[Opening Material shown section]

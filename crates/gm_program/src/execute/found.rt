// Features by their identifiers.
ghost use Rattle.std.specs.Prelude.{◌≡◌, [], map, IfOk, OnOk};
ghost use Rattle.gm_program.specs.Collecting.{collected, feature_of};

use gm_base::{FeatureId, Items, NoMemory};
use gm_feature::{Feature, FeatureList, Values};
use std::alloc::Global;
use std::collections::BTreeMap;

/// Features, each identifier once, in the order of the identifiers.
#[derive(Drop)]
pub(super) struct Found {
    pub(super) values: BTreeMap<FeatureId, Values>,
}

impl Found {
    pub(super) fn new(alloc: Global) -> Found
        ensures { result.values.entries ≡ [] }
    {
        Found {
            values: BTreeMap::new(alloc),
        }
    }

    /// Takes further features. One with an identifier that is there takes the place of the other.
    pub(super) fn take(&mut self, features: FeatureList) -> Result<(), NoMemory>
        ensures { OnOk result (self.new.values.entries
            ≡ collected self.old.values.entries features) }
    {
        'features: for feature in features.into_vec() {
            let Feature { id, values } = feature;
            self.values.insert(id, values)?;
        }
        Ok(())
    }

    pub(super) fn into_features(self, alloc: Global) -> Result<FeatureList, NoMemory>
        ensures { IfOk result (λ features. features ≡ map feature_of self.values.entries) }
    {
        let Found { values } = self;
        let mut features = Items::new(alloc);
        for (id, values) in values {
            features.push(Feature { id, values })?;
        }
        Ok(features)
    }
}
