// The parts of a plan, read one after the other.
ghost use Rattle.std.specs.Prelude.{◌≡◌, ◌≤◌, All, map, length, IfOk, OnOk};
ghost use Rattle.gm_base.specs.Counter.{capped_sum};
ghost use Rattle.gm_engine_rows.specs.State.{State};
ghost use Rattle.gm_engine_rows.specs.Rows.{rows_of};
ghost use Rattle.gm_filter.specs.Tree.{tree};
ghost use Rattle.gm_strategy.specs.Choice.{IsServed, chosen_of};
ghost use Rattle.gm_program.specs.Collecting.{Collects};
ghost use Rattle.gm_program.specs.Found.{Finds, tests_of};
ghost use Rattle.gm_program.specs.Question.{rows_read, rows_examined};
ghost use Rattle.gm_program.specs.Store.{IsTypeOf, HasType};

use super::found::Found;
use super::spans::spans_of;
use gm_base::{Counter, NoMemory};
use gm_feature::FeatureList;
use gm_scan::scan_one;
use gm_strategy::Part;
use gm_table::Sorted;
use gm_types::FeatureType;
use std::alloc::Global;

/// The features that the parts of a plan find, and how many rows are examined for them.
#[derive(Drop)]
pub(super) struct Read {
    pub(super) found: Found,
    pub(super) examined: u64,
}

/// Reads the parts of a plan.
pub(super) fn read_plan<B: Sorted>(
    alloc: Global,
    of: &FeatureType,
    parts: &[Part],
    target: u32,
    table: &B,
    tally: &mut B::Tally,
) -> Result<Read, NoMemory>
    requires typed { HasType of.now (B.rows table.now) }
    requires served { All (IsServed of.now) (map chosen_of parts.now) }
    requires few { length parts.now ≤ 8 }
    requires least { 1 ≤ target }
    requires most { target ≤ 10000 }
    ensures found { (s : State) → IsTypeOf s of.now (B.rows table.now) → IfOk result (λ read.
        Collects s of.now.number (tests_of (map chosen_of parts.now)) read.found.values.entries) }
    ensures examined { (s : State) → IsTypeOf s of.now (B.rows table.now) → IfOk result (λ read.
        (read.examined ≡ rows_examined of.now target (rows_of s) (map chosen_of parts.now))
        × (B.Tally.number tally.new ≡ capped_sum (B.Tally.number tally.old) read.examined)) }
{
    let mut counter = tally.part();
    let read = read_parts(alloc, of, parts, target, table, &mut counter);
    let examined = counter.rows();
    tally.join(counter);
    let found = read?;
    Ok(Read { found, examined })
}

// Reads one part after the other.
fn read_parts<B: Sorted>(
    alloc: Global,
    of: &FeatureType,
    parts: &[Part],
    target: u32,
    table: &B,
    tally: &mut B::Tally,
) -> Result<Found, NoMemory>
    requires typed { HasType of.now (B.rows table.now) }
    requires served { All (IsServed of.now) (map chosen_of parts.now) }
    requires least { 1 ≤ target }
    requires most { target ≤ 10000 }
    ensures found { (s : State) → IsTypeOf s of.now (B.rows table.now) → IfOk result (λ found.
        Collects s of.now.number (tests_of (map chosen_of parts.now)) found.values.entries) }
    ensures tally { (s : State) → IsTypeOf s of.now (B.rows table.now)
        → OnOk result (B.Tally.number tally.new
        ≡ capped_sum (B.Tally.number tally.old)
        (rows_examined of.now target (rows_of s) (map chosen_of parts.now))) }
{
    let mut found = Found::new(alloc);
    'parts: for part in parts {
        let features = read_part(alloc, of, part, target, table, tally)?;
        found.take(features)?;
    }
    Ok(found)
}

// The features that a part finds, in the order of its ranges and of the keys.
fn read_part<B: Sorted>(
    alloc: Global,
    of: &FeatureType,
    part: &Part,
    target: u32,
    table: &B,
    tally: &mut B::Tally,
) -> Result<FeatureList, NoMemory>
    requires typed { HasType of.now (B.rows table.now) }
    requires served { IsServed of.now (chosen_of part.now) }
    requires least { 1 ≤ target }
    requires most { target ≤ 10000 }
    ensures found { (s : State) → IsTypeOf s of.now (B.rows table.now)
        → IfOk result (Finds s of.now.number (tree part.now.filter)) }
    ensures tally { (s : State) → IsTypeOf s of.now (B.rows table.now)
        → OnOk result (B.Tally.number tally.new
        ≡ capped_sum (B.Tally.number tally.old)
        (rows_read of.now target (rows_of s) (chosen_of part.now))) }
{
    let spans = spans_of(alloc, of, part, target)?;
    scan_one(alloc, of, table, &spans, &part.filter, tally)
}
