// The rows that the parts of a plan find, as they stand in the table.
ghost use Rattle.std.specs.Prelude.{◌≡◌, ◌≤◌, [], All, map, length, IfOk, OnOk};
ghost use Rattle.gm_base.specs.Counter.{capped_sum};
ghost use Rattle.gm_engine_rows.specs.State.{State};
ghost use Rattle.gm_engine_rows.specs.Rows.{rows_of};
ghost use Rattle.gm_filter.specs.Tree.{tree};
ghost use Rattle.gm_strategy.specs.Choice.{IsServed, chosen_of};
ghost use Rattle.gm_program.specs.Found.{tests_of};
ghost use Rattle.gm_program.specs.Kept.{Adds, AreKept};
ghost use Rattle.gm_program.specs.Question.{rows_read, rows_examined};
ghost use Rattle.gm_program.specs.Store.{IsTypeOf, HasType};

use super::spans::spans_of;
use gm_base::{Counter, NoMemory};
use gm_scan::{FoundRows, Keeping, scan_kept};
use gm_strategy::Part;
use gm_table::Sorted;
use gm_types::FeatureType;
use std::alloc::Global;

/// The rows that the parts of a plan find, and how many rows are examined for them.
#[derive(Drop)]
pub(super) struct ReadRows {
    pub(super) rows: FoundRows,
    pub(super) examined: u64,
}

/// Reads the parts of a plan. What two parts find comes twice.
pub(super) fn read_rows<B: Sorted>(
    alloc: Global,
    of: &FeatureType,
    parts: &[Part],
    target: u32,
    keeping: Keeping,
    table: &B,
    tally: &mut B::Tally,
) -> Result<ReadRows, NoMemory>
    requires typed { HasType of.now (B.rows table.now) }
    requires served { All (IsServed of.now) (map chosen_of parts.now) }
    requires few { length parts.now ≤ 8 }
    requires least { 1 ≤ target }
    requires most { target ≤ 10000 }
    ensures found { (s : State) → IsTypeOf s of.now (B.rows table.now) → IfOk result (λ read.
        AreKept s of.now.number (tests_of (map chosen_of parts.now)) keeping read.rows) }
    ensures examined { (s : State) → IsTypeOf s of.now (B.rows table.now) → IfOk result (λ read.
        (read.examined ≡ rows_examined of.now target (rows_of s) (map chosen_of parts.now))
        × (B.Tally.number tally.new ≡ capped_sum (B.Tally.number tally.old) read.examined)) }
{
    let mut counter = tally.part();
    let mut rows = FoundRows::new(alloc);
    let read = read_each(
        alloc,
        of,
        parts,
        target,
        keeping,
        table,
        &mut rows,
        &mut counter,
    );
    let examined = counter.rows();
    tally.join(counter);
    read?;
    Ok(ReadRows { rows, examined })
}

// Reads one part after the other, behind no rows.
fn read_each<B: Sorted>(
    alloc: Global,
    of: &FeatureType,
    parts: &[Part],
    target: u32,
    keeping: Keeping,
    table: &B,
    rows: &mut FoundRows,
    tally: &mut B::Tally,
) -> Result<(), NoMemory>
    requires none { rows.old ≡ [] }
    requires typed { HasType of.now (B.rows table.now) }
    requires served { All (IsServed of.now) (map chosen_of parts.now) }
    requires least { 1 ≤ target }
    requires most { target ≤ 10000 }
    ensures found { (s : State) → IsTypeOf s of.now (B.rows table.now) → OnOk result
        (AreKept s of.now.number (tests_of (map chosen_of parts.now)) keeping rows.new) }
    ensures tally { (s : State) → IsTypeOf s of.now (B.rows table.now)
        → OnOk result (B.Tally.number tally.new
        ≡ capped_sum (B.Tally.number tally.old)
        (rows_examined of.now target (rows_of s) (map chosen_of parts.now))) }
{
    'parts: for part in parts {
        read_one(alloc, of, part, target, keeping, table, rows, tally)?;
    }
    Ok(())
}

// Appends what a part finds, in the order of its ranges and of the keys.
fn read_one<B: Sorted>(
    alloc: Global,
    of: &FeatureType,
    part: &Part,
    target: u32,
    keeping: Keeping,
    table: &B,
    rows: &mut FoundRows,
    tally: &mut B::Tally,
) -> Result<(), NoMemory>
    requires typed { HasType of.now (B.rows table.now) }
    requires served { IsServed of.now (chosen_of part.now) }
    requires least { 1 ≤ target }
    requires most { target ≤ 10000 }
    ensures found { (s : State) → IsTypeOf s of.now (B.rows table.now) → OnOk result
        (Adds s of.now.number (tree part.now.filter) keeping rows.old rows.new) }
    ensures tally { (s : State) → IsTypeOf s of.now (B.rows table.now)
        → OnOk result (B.Tally.number tally.new
        ≡ capped_sum (B.Tally.number tally.old)
        (rows_read of.now target (rows_of s) (chosen_of part.now))) }
{
    let spans = spans_of(alloc, of, part, target)?;
    scan_kept(alloc, of, table, &spans, &part.filter, keeping, rows, tally)
}
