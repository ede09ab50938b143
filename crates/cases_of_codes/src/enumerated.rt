// The levels of a tree by their definitions. Every code and every node of every level is looked at,
// with no call of a tree, of runs or of the decomposition. The numbers are small, and operations
// that wrap or stop at a type's end only spare a proof.
ghost use Rattle.std.specs.Prelude.{◌≤◌};

use gm_base::NoMemory;
use gm_trees::{Node3, Window};
use std::alloc::Global;

/// A tree of 2 or 3 dimensions, the level of its deepest nodes, and whether its codes are those of
/// extents (XZ) or of points (Z).
#[derive(Clone, Copy, Debug, PartialEq, Eq)]
pub struct Shape {
    pub dimensions: u32,
    pub depth: u32,
    pub extents: bool,
}

/// A level: the maximal runs of its level set, and how many of its nodes are partial.
#[derive(Debug, Drop)]
pub struct Level {
    pub level: u32,
    pub runs: Vec<(u64, u64)>,
    pub partial: u64,
}

// How many children a node has: each is a half along each dimension.
fn children(shape: &Shape) -> u64
    ensures some { 1 ≤ result }
    ensures few { result ≤ 8 }
{
    if shape.dimensions == 3 { 8 } else { 4 }
}

/// How many nodes a level has.
pub fn nodes(shape: &Shape, level: u32) -> u64 {
    children(shape).saturating_pow(level)
}

// How many codes a node has of its own.
fn own_codes(shape: &Shape) -> u64 {
    u64::from(shape.extents)
}

// How many codes a node has, so many levels above the deepest: there one, and else its own and
// those of its children.
fn codes(shape: &Shape, above: u32) -> u64 {
    let mut codes = 1u64;
    for _ in 0..above {
        codes = codes
            .saturating_mul(children(shape))
            .saturating_add(own_codes(shape));
    }
    codes
}

// The stem of a code at a level, as its own level and its path, whose digits are child numbers.
// From the root down the child is taken that has the code, until a node has it as its own or is of
// the level. The own code of a node is its first. Its children have the others in order, each as
// many.
fn stem(shape: &Shape, code: u64, level: u32) -> (u32, u64) {
    let own = own_codes(shape);
    let mut path = 0u64;
    let mut rest = code;
    for at in 0..level {
        if rest < own {
            return (at, path);
        }
        rest -= own;
        let each = codes(shape, shape.depth.saturating_sub(at + 1)).max(1);
        path = path.wrapping_mul(children(shape)).wrapping_add(rest / each);
        rest %= each;
    }
    (level, path)
}

/// The cell of a node. The bits d of its path's digits are those of the index in dimension d.
pub fn cell(shape: &Shape, level: u32, path: u64) -> Node3 {
    let mut cell = Node3 { x: 0, y: 0, t: 0 };
    let mut rest = path;
    let mut bit = 1u32;
    for _ in 0..level {
        let number = (rest % children(shape)) as u32;
        rest /= children(shape);
        cell.x = cell.x.wrapping_add((number % 2).wrapping_mul(bit));
        cell.y = cell.y.wrapping_add((number / 2 % 2).wrapping_mul(bit));
        cell.t = cell.t.wrapping_add((number / 4).wrapping_mul(bit));
        bit = bit.wrapping_mul(2);
    }
    cell
}

// The box that the objects of a node can touch: its cell, for extents enlarged to twice its side
// and cut at the end of the space.
fn reach(shape: &Shape, level: u32, path: u64) -> Window {
    let cell = cell(shape, level, path);
    let side = 2u32.saturating_pow(shape.depth.saturating_sub(level));
    let last = 2u32.saturating_pow(shape.depth).saturating_sub(1);
    let far = if shape.extents { 2u32 } else { 1 };
    let low = |index: u32| index.wrapping_mul(side);
    let high = |index: u32| last.min(low(index.wrapping_add(far)).wrapping_sub(1));
    Window {
        low: Node3 {
            x: low(cell.x),
            y: low(cell.y),
            t: low(cell.t),
        },
        high: Node3 {
            x: high(cell.x),
            y: high(cell.y),
            t: high(cell.t),
        },
    }
}

// Whether they have a cell in common. In two dimensions t is not looked at.
fn overlaps(shape: &Shape, reach: &Window, window: &Window) -> bool {
    reach.low.x.max(window.low.x) <= reach.high.x.min(window.high.x)
        && reach.low.y.max(window.low.y) <= reach.high.y.min(window.high.y)
        && (shape.dimensions == 2
            || reach.low.t.max(window.low.t) <= reach.high.t.min(window.high.t))
}

// Whether all cells of the reach are in the window.
fn is_inside(shape: &Shape, reach: &Window, window: &Window) -> bool {
    (window.low.x <= reach.low.x && reach.high.x <= window.high.x)
        && (window.low.y <= reach.low.y && reach.high.y <= window.high.y)
        && (shape.dimensions == 2 || window.low.t <= reach.low.t && reach.high.t <= window.high.t)
}

// A code is in the level set where the reach of its stem overlaps a window.
fn is_in_level_set(shape: &Shape, windows: &[Window], level: u32, code: u64) -> bool {
    let (above, path) = stem(shape, code, level);
    let reach = reach(shape, above, path);
    windows.iter().any(|window| overlaps(shape, &reach, window))
}

// The maximal runs of a level set, by one pass over all codes.
fn runs(
    alloc: Global,
    shape: &Shape,
    windows: &[Window],
    level: u32,
) -> Result<Vec<(u64, u64)>, NoMemory> {
    let mut runs = Vec::new(alloc);
    let mut run = None;
    for code in 0..codes(shape, shape.depth) {
        let within = is_in_level_set(shape, windows, level, code);
        match (within, run) {
            (true, None) => run = Some((code, code)),
            (true, Some((first, _))) => run = Some((first, code)),
            (false, Some(ended)) => {
                runs.push(ended)?;
                run = None;
            }
            (false, None) => {}
        }
    }
    if let Some(ended) = run {
        runs.push(ended)?;
    }
    Ok(runs)
}

// A node is partial where its reach overlaps a window and is inside no single one.
fn is_partial(shape: &Shape, windows: &[Window], level: u32, path: u64) -> bool {
    let reach = reach(shape, level, path);
    windows.iter().any(|window| overlaps(shape, &reach, window))
        && !windows
            .iter()
            .any(|window| is_inside(shape, &reach, window))
}

/// All levels, from the root to the deepest.
pub fn levels(alloc: Global, shape: &Shape, windows: &[Window]) -> Result<Vec<Level>, NoMemory> {
    let mut levels = Vec::new(alloc);
    for level in 0..=shape.depth {
        let runs = runs(alloc, shape, windows, level)?;
        let mut partial = 0u64;
        for path in 0..nodes(shape, level) {
            partial = partial.saturating_add(u64::from(is_partial(shape, windows, level, path)));
        }
        levels.push(Level {
            level,
            runs,
            partial,
        })?;
    }
    Ok(levels)
}

// A level qualifies by at most so many runs, and at most four times as many partial nodes.
fn qualifies(level: &Level, target: u32) -> bool {
    level.runs.len() <= target as usize && level.partial <= 4 * u64::from(target)
}

/// The stop level: the last such that every level up to it qualifies.
pub fn stop(levels: &[Level], target: u32) -> Option<&Level> {
    levels
        .iter()
        .take_while(|level| qualifies(level, target))
        .last()
}
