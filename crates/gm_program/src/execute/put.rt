// `put`
ghost use Rattle.std.specs.Prelude.{◌≡◌, ◌+◌, ◌-◌, length, Some, Option, nat_le, IfOk};
ghost use Rattle.std.specs.Option.{ForSome, option_copied};
ghost use Rattle.gm_engine_rows.specs.Change.{keys_at};
ghost use Rattle.gm_engine_rows.specs.State.{State, type_at};
ghost use Rattle.gm_feature.specs.Feature.{Fits};
ghost use Rattle.gm_script.specs.Order as order;
ghost use Rattle.gm_script.specs.Suits.{Suits};
ghost use Rattle.gm_program.specs.Serve.{Executes};
ghost use Rattle.gm_program.specs.Step.{put_step};
ghost use Rattle.gm_program.specs.Store.{Types, Holds, HasState};

use super::bound::bound;
use crate::store::Store;
use gm_base::{Code, NoMemory};
use gm_engine_rows::{
    batch_of, changes_are_counted, changes_keep_the_state, rows_are_of_features,
    rows_follow_a_change,
};
use gm_feature::Feature;
use gm_keys::keys_of;
use gm_script::Reply;
use gm_table::{Sorted, same_at_each_key};
use gm_types::FeatureType;
use std::alloc::Global;

/// A table has no more rows than this.
pub(super) const ROW_LIMIT: u64 = 2_000_000;

/// Binds an identifier of the type with this number to a feature.
pub(super) fn put<B: Sorted>(
    alloc: Global,
    type_number: u16,
    feature: Feature,
    store: &mut Store<B>,
    tally: &mut B::Tally,
) -> Result<Option<Reply>, NoMemory>
    requires kept { HasState store.old.types (B.rows store.old.table) }
    requires suits { Suits store.old.types (order.put type_number feature) }
    ensures { (s : State) → Holds s store.old.types (B.rows store.old.table)
        → IfOk result (λ reply. Executes (put_step type_number feature s) reply
        store.new.types (B.rows store.new.table) (B.Tally.number tally.old)
        (B.Tally.number tally.new)) }
{
    let of = &store.types.as_slice()[usize::from(type_number)];
    put_of(alloc, of, feature, &mut store.table, tally)
}

// Binds an identifier of this type to a feature.
fn put_of<B: Sorted>(
    alloc: Global,
    of: &FeatureType,
    feature: Feature,
    table: &mut B,
    tally: &mut B::Tally,
) -> Result<Option<Reply>, NoMemory>
    requires { Fits of.now feature }
    ensures { (s : State) (types : Types) → Holds s types (B.rows table.old)
        → type_at of.now.number s ≡ Some of.now
        → IfOk result (λ reply. Executes (put_step of.now.number feature s) reply
        types (B.rows table.new) (B.Tally.number tally.old) (B.Tally.number tally.new)) }
{
    rows_follow_a_change();
    rows_are_of_features();
    changes_are_counted();
    changes_keep_the_state();
    same_at_each_key();
    let old = bound(alloc, of, &feature.id, table, tally)?;
    let batch = batch_of(alloc, of, old.as_ref(), Some(&feature))?;
    if !has_room(alloc, of, old.as_ref(), table.count(), batch.puts.len())? {
        return Ok(Some(Reply::Refusal {
            code: Code::E19,
            row: None,
        }));
    }
    table.apply(alloc, &batch)?;
    Ok(Some(Reply::Stored {
        id: feature.id,
        replaced: old.is_some(),
    }))
}

// Whether there are few enough rows once those of the old feature are out and so many are put.
fn has_room(
    alloc: Global,
    of: &FeatureType,
    old: Option<&Feature>,
    rows: u64,
    puts: usize,
) -> Result<bool, NoMemory>
    requires { ForSome (option_copied old) (Fits of.now) }
    ensures { IfOk result (λ room. room
        ≡ nat_le (rows + puts) (2_000_000 + length (keys_at of.now (option_copied old.entry)))) }
{
    let most = u128::from(rows) + puts as u128;
    let limit = u128::from(ROW_LIMIT);
    if most <= limit {
        return Ok(true);
    }
    let Some(feature) = old else {
        return Ok(false);
    };
    let freed = keys_of(alloc, of, feature)?.len();
    Ok(most <= limit + freed as u128)
}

[Closing Material shown section]

Task item
Copy out all lines above holding "return".

Solved problem
            return (at, path);
        return Ok(Some(Reply::Refusal {
        return Ok(true);
        return Ok(false);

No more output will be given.